(Your task) Using the listing below, report how many lines hold the word "WordsLaw", and nothing else.

(Information shown)
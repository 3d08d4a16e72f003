//! What was counted, and why nothing was.
use file_work::Refused;
use lane_reports::{Seat, Tally, WordsLaw};

/// What was counted.
#[derive(Drop)]
pub struct WordsDone {
    /// The text.
    pub bytes: Vec<u8>,
    /// Seat 0, after all other seats have left.
    pub root: Seat<WordsLaw>,
    /// How often each seat popped each word, in the order of their numbers.
    pub tallies: Vec<Tally>,
}

/// Why nothing was counted. The seat is one of the domain on which the words were to be counted.
pub type WordsRefused = Refused<Seat<WordsLaw>>;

(Exercise output) 3